→ **Work item**: How many lines of these entries include the string "Some"? State the number alone.

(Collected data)
* * *
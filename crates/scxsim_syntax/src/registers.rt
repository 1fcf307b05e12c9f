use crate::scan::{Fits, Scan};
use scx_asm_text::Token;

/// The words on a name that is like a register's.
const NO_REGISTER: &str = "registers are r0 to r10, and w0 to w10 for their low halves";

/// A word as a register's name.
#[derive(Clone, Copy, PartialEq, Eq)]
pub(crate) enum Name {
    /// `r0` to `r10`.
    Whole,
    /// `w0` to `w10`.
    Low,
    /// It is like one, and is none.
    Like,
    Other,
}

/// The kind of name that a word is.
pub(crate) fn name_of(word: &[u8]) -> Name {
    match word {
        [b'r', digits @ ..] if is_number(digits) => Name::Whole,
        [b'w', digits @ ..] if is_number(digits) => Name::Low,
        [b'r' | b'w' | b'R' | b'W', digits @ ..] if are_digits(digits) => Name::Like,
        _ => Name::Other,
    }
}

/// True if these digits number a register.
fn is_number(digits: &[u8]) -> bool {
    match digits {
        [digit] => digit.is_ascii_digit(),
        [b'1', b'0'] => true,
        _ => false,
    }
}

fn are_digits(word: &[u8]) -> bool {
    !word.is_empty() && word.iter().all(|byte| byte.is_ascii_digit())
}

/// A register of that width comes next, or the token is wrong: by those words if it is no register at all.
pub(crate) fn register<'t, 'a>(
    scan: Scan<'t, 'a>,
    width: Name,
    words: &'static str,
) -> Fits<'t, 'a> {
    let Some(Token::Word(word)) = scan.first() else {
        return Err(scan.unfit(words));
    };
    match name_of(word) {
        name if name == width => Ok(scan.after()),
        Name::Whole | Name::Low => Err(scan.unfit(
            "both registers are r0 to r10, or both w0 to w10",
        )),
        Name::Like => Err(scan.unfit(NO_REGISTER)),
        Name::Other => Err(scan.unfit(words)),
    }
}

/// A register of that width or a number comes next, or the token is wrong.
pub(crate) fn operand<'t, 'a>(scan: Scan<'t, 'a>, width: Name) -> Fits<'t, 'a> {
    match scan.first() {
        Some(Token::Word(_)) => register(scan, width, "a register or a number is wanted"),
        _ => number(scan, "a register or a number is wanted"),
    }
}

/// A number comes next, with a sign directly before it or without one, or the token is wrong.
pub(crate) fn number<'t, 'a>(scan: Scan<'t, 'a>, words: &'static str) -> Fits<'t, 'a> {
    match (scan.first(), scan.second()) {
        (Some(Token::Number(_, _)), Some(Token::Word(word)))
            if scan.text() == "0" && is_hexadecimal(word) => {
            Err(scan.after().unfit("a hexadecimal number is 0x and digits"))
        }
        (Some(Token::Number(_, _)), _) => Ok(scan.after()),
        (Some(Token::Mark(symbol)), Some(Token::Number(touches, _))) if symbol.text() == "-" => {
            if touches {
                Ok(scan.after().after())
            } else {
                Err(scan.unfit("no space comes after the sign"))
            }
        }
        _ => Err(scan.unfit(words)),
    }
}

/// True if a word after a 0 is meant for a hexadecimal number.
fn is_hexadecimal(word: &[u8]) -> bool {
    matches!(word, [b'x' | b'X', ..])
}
* * *
→ **Expected answer**: 5